_Assigned task:_
Only the lines from the one that contains "if is_used_by(infos.get_entry_point(point), index)" to the end of the material below are wanted, each duplicated exactly.

_Exercise inputs:_
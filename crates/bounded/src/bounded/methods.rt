//! What a bounded list does.
ghost use Rattle.std.specs.Prelude.{◌≡◌, ◌<◌, ◌≤◌, [], ◌∷◌, ◌++◌, length, IfOk};
ghost use Rattle.bounded.specs.Items.{bounded_items};

use super::Bounded;
use std::alloc::{AllocError, Global};

impl<T: Copy, const N: usize> Bounded<T, N> {
    /// An empty list. Nothing is allocated after this.
    pub fn new(heap: Global) -> Result<Bounded<T, N>, AllocError>
        ensures { IfOk result (λ list. bounded_items list ≡ []) }
    {
        let items = Vec::with_capacity(heap, N)?;
        Ok(Bounded { items })
    }

    pub fn len(&self) -> usize
        ensures value { result ≡ length (bounded_items self.now) }
        ensures bound { result ≤ N }
    {
        self.items.len()
    }

    pub fn as_slice(&self) -> &[T]
        ensures { result.now ≡ bounded_items self.now }
    {
        self.items.as_slice()
    }

    pub fn clear(&mut self)
        ensures { bounded_items self.new ≡ [] }
    {
        self.items.clear();
    }

    /// Puts `x` at the end.
    pub fn push(&mut self, x: T)
        requires { length (bounded_items self.old) < N }
        ensures { bounded_items self.new ≡ bounded_items self.old ++ x ∷ [] }
    {
        self.items.push_reserved(x);
    }
}
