//! The lines on uniform control flow.

use crate::counts::NeedCounts;
use crate::reached::Reached;
use std::alloc::{AllocError, Global};

/// The rules by which uniform control flow was checked.
#[derive(Clone, Copy, Debug, PartialEq, Eq)]
pub enum FlowRules {
    /// Those of WGSL.
    Wgsl,
    /// Those of naga.
    Naga,
    /// None.
    Unchecked,
}

/// Returns what was found of needs.
fn checked_line(
    alloc: Global,
    rules: FlowRules,
    is_entry_point: bool,
    needs: &NeedCounts,
) -> Result<String, AllocError> {
    let count = needs.total();
    if count == 0 {
        return Ok(String::new(alloc));
    }
    let words = needs.words(alloc)?;
    match rules {
        FlowRules::Unchecked => {
            let verb = if count == 1 { "is" } else { "are" };
            format!(in alloc;
                "  not checked: whether {words} {verb} reached in uniform control flow\n"
            )
        }
        FlowRules::Naga => {
            format!(in alloc; "  uniform control flow: {words}, accepted by naga's rules\n")
        }
        FlowRules::Wgsl => {
            if is_entry_point {
                format!(in alloc;
                    "  uniform control flow: {words}, reached by all invocations together\n"
                )
            } else {
                format!(in alloc; "  must be called in uniform control flow: {words}\n")
            }
        }
    }
}

/// Returns which needs filters of a severity exempt, or nothing if there are none.
fn exempt_line(alloc: Global, severity: &str, exempt: &NeedCounts) -> Result<String, AllocError> {
    if exempt.total() == 0 {
        return Ok(String::new(alloc));
    }
    let words = exempt.words(alloc)?;
    format!(in alloc; "  exempt by `@diagnostic({severity}, derivative_uniformity)`: {words}\n")
}

/// Returns the lines on uniform control flow of a function, which must be called in it if it isn't an entry point.
pub fn flow_lines(
    alloc: Global,
    rules: FlowRules,
    is_entry_point: bool,
    reached: &Reached,
) -> Result<String, AllocError> {
    let checked = checked_line(alloc, rules, is_entry_point, &reached.needs)?;
    let off = exempt_line(alloc, "off", &reached.off)?;
    let info = exempt_line(alloc, "info", &reached.info)?;
    let warning = exempt_line(alloc, "warning", &reached.warning)?;
    format!(in alloc; "{checked}{off}{info}{warning}")
}
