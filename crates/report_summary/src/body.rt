//! What one body does: its calls, whether it discards, and its needs of uniform control flow.

use crate::counts::NeedCounts;
use report_places::{function_of, place_of_body};
use shader_arena::{Handle, Range};
use shader_ir::{
    Block, DiagnosticRule, Expression, Function, Module, SampleLevel, Severity, Statement, mark,
};
use shader_uniformity::{BodyLocation, Fact};
use shader_uniformity_needs::{NeedKind, demands_at};
use std::alloc::{AllocError, Global};

/// What a body does, without the functions that it calls.
#[derive(Drop)]
pub struct Body {
    /// The functions that it calls, by their numbers.
    pub callees: Vec<usize>,
    /// True if it has a `discard`.
    pub discards: bool,
    /// Its needs of uniform control flow, those that a filter exempts left out.
    pub needs: NeedCounts,
    /// Its derivatives and its samples with an implicit level.
    pub filtered: NeedCounts,
    /// The severity that filters give to derivatives and samples outside of uniform control flow.
    pub severity: Severity,
}

/// Returns the severity of derivatives and samples outside of uniform control flow, by the filters from `leaf` outwards (WGSL, "Diagnostic
/// Filtering").
fn severity_of(module: &Module, leaf: Option<Handle<mark::DiagnosticFilterNode>>) -> Severity {
    let filters = &module.diagnostic_filters;
    let mut next = leaf;
    for (_, _step) in filters.iter() {
        let filter = match next {
            Some(handle) => match filters.try_get(handle) {
                Some(filter) => *filter,
                None => return Severity::Error,
            },
            None => return Severity::Error,
        };
        match filter.rule {
            DiagnosticRule::DerivativeUniformity => return filter.severity,
            DiagnosticRule::Other => next = filter.parent,
        }
    }
    Severity::Error
}

/// Returns why an expression needs uniform control flow, if it does and filters may exempt it.
fn filtered_kind(expression: &Expression) -> Option<NeedKind> {
    match expression {
        Expression::Derivative { .. } => Some(NeedKind::Derivative),
        Expression::ImageSample {
            level: SampleLevel::Auto | SampleLevel::Bias(_),
            ..
        } => Some(NeedKind::ImplicitLevel),
        _ => None,
    }
}

/// Adds the derivatives and samples that an `Emit` evaluates.
fn add_emitted(body: &mut Body, function: &Function, range: &Range<mark::Expression>) {
    for handle in range.iter() {
        if let Some(expression) = function.expressions.try_get(handle) {
            if let Some(kind) = filtered_kind(expression) {
                body.filtered.add(kind);
            }
        }
    }
}

/// Adds what the statements of a block do.
#[cycle(walk)]
fn add_block(body: &mut Body, function: &Function, block: &Block) -> Result<(), AllocError> {
    for statement in &block.statements {
        add_statement(body, function, statement)?;
    }
    Ok(())
}

/// Adds what a statement does.
#[cycle(walk)]
fn add_statement(
    body: &mut Body,
    function: &Function,
    statement: &Statement,
) -> Result<(), AllocError> {
    match statement {
        Statement::Block(inner) => {
            add_block(body, function, inner)?;
        }
        Statement::If { accept, reject, .. } => {
            add_block(body, function, accept)?;
            add_block(body, function, reject)?;
        }
        Statement::Switch { cases, .. } => {
            for case in cases {
                add_block(body, function, &case.body)?;
            }
        }
        Statement::Loop {
            body: rounds,
            continuing,
            ..
        } => {
            add_block(body, function, rounds)?;
            add_block(body, function, continuing)?;
        }
        Statement::Emit(range) => {
            add_emitted(body, function, range);
        }
        Statement::Call {
            function: callee,
            ..
        } => {
            body.callees.push(callee.index())?;
        }
        Statement::Kill => {
            body.discards = true;
        }
        _ => {}
    }
    Ok(())
}

/// Counts the needs of the body at a place. A uniform load has two needs, of which one counts.
fn needs_at(alloc: Global, module: &Module, place: BodyLocation) -> Result<NeedCounts, AllocError> {
    let demands = demands_at(alloc, module, place)?;
    let mut needs = NeedCounts::none();
    for need in &demands.needs {
        if let Fact::Apart(_) = need.violated_by {
            needs.add(need.kind);
        }
    }
    Ok(needs)
}

/// Returns what the body at a place does.
pub fn body_at(alloc: Global, module: &Module, place: BodyLocation) -> Result<Body, AllocError> {
    let mut body = Body {
        callees: Vec::new(alloc),
        discards: false,
        needs: needs_at(alloc, module, place)?,
        filtered: NeedCounts::none(),
        severity: Severity::Error,
    };
    if let Some(function) = function_of(module, &place_of_body(place)) {
        body.severity = severity_of(module, function.diagnostic_filter_leaf);
        add_block(&mut body, function, &function.body)?;
    }
    Ok(body)
}
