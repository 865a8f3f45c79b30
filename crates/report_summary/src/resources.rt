//! How many resources the entry points of a module use.
ghost use Rattle.std.specs.Prelude.{◌≡◌, length, slice_get};
ghost use Rattle.report_model.specs.Analyzed.{info_of};
ghost use Rattle.report_summary.specs.Resources.{is_resource, is_use, is_used, resource_count, resources_among};

use report_model::Analyzed;
use shader_analysis::ModuleInfo;
use shader_info::FunctionInfo;
use shader_interface::ResourceBinding;

/// Returns whether a function uses the global variable at an index, at any depth of calls.
fn is_used_by(info: &FunctionInfo, index: usize) -> bool
    ensures { result ≡ is_use (slice_get info.now.global_uses index) }
{
    match info.global_uses.as_slice().get(index) {
        Some(uses) => uses.known().0 != 0,
        None => false,
    }
}

/// Returns whether an entry point uses the global variable at an index.
#[tactic(auto, using(crate::proofs::ResourceLemmas::used_at, crate::proofs::ResourceLemmas::unused_more))]
fn is_used(infos: &ModuleInfo, index: usize) -> bool
    ensures { result ≡ is_used infos.now.entry_points index }
{
    for point in 0..infos.entry_point_count() {
        if is_used_by(infos.get_entry_point(point), index) {
            return true;
        }
    }
    false
}

/// Returns whether the host binds the global variable at an index, and an entry point uses it.
fn is_resource(infos: &ModuleInfo, bindings: &[Option<ResourceBinding>], index: usize) -> bool
    ensures { result ≡ is_resource infos.now.entry_points index (slice_get bindings.now index) }
{
    match bindings.get(index) {
        Some(binding) => binding.is_some() && is_used(infos, index),
        None => false,
    }
}

/// Returns how many of the global variables are resources.
fn resources_among(infos: &ModuleInfo, bindings: &[Option<ResourceBinding>]) -> usize
    ensures { result ≡ resources_among infos.now.entry_points bindings.now (length bindings.now) }
{
    let mut count = 0;
    for index in 0..bindings.len() {
        if is_resource(infos, bindings, index) {
            count += 1;
        }
    }
    count
}

/// Returns how many of the global variables that the host binds are used by entry points.
pub fn resource_count(analyzed: &Analyzed, bindings: &[Option<ResourceBinding>]) -> usize
    ensures { result ≡ resource_count (info_of analyzed.now) bindings.now }
{
    match analyzed.info() {
        Some(infos) => resources_among(infos, bindings),
        None => 0,
    }
}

_Response box:_
        if is_used_by(infos.get_entry_point(point), index) {
            return true;
        }
    }
    false
}

/// Returns whether the host binds the global variable at an index, and an entry point uses it.
fn is_resource(infos: &ModuleInfo, bindings: &[Option<ResourceBinding>], index: usize) -> bool
    ensures { result ≡ is_resource infos.now.entry_points index (slice_get bindings.now index) }
{
    match bindings.get(index) {
        Some(binding) => binding.is_some() && is_used(infos, index),
        None => false,
    }
}

/// Returns how many of the global variables are resources.
fn resources_among(infos: &ModuleInfo, bindings: &[Option<ResourceBinding>]) -> usize
    ensures { result ≡ resources_among infos.now.entry_points bindings.now (length bindings.now) }
{
    let mut count = 0;
    for index in 0..bindings.len() {
        if is_resource(infos, bindings, index) {
            count += 1;
        }
    }
    count
}

/// Returns how many of the global variables that the host binds are used by entry points.
pub fn resource_count(analyzed: &Analyzed, bindings: &[Option<ResourceBinding>]) -> usize
    ensures { result ≡ resource_count (info_of analyzed.now) bindings.now }
{
    match analyzed.info() {
        Some(infos) => resources_among(infos, bindings),
        None => 0,
    }
}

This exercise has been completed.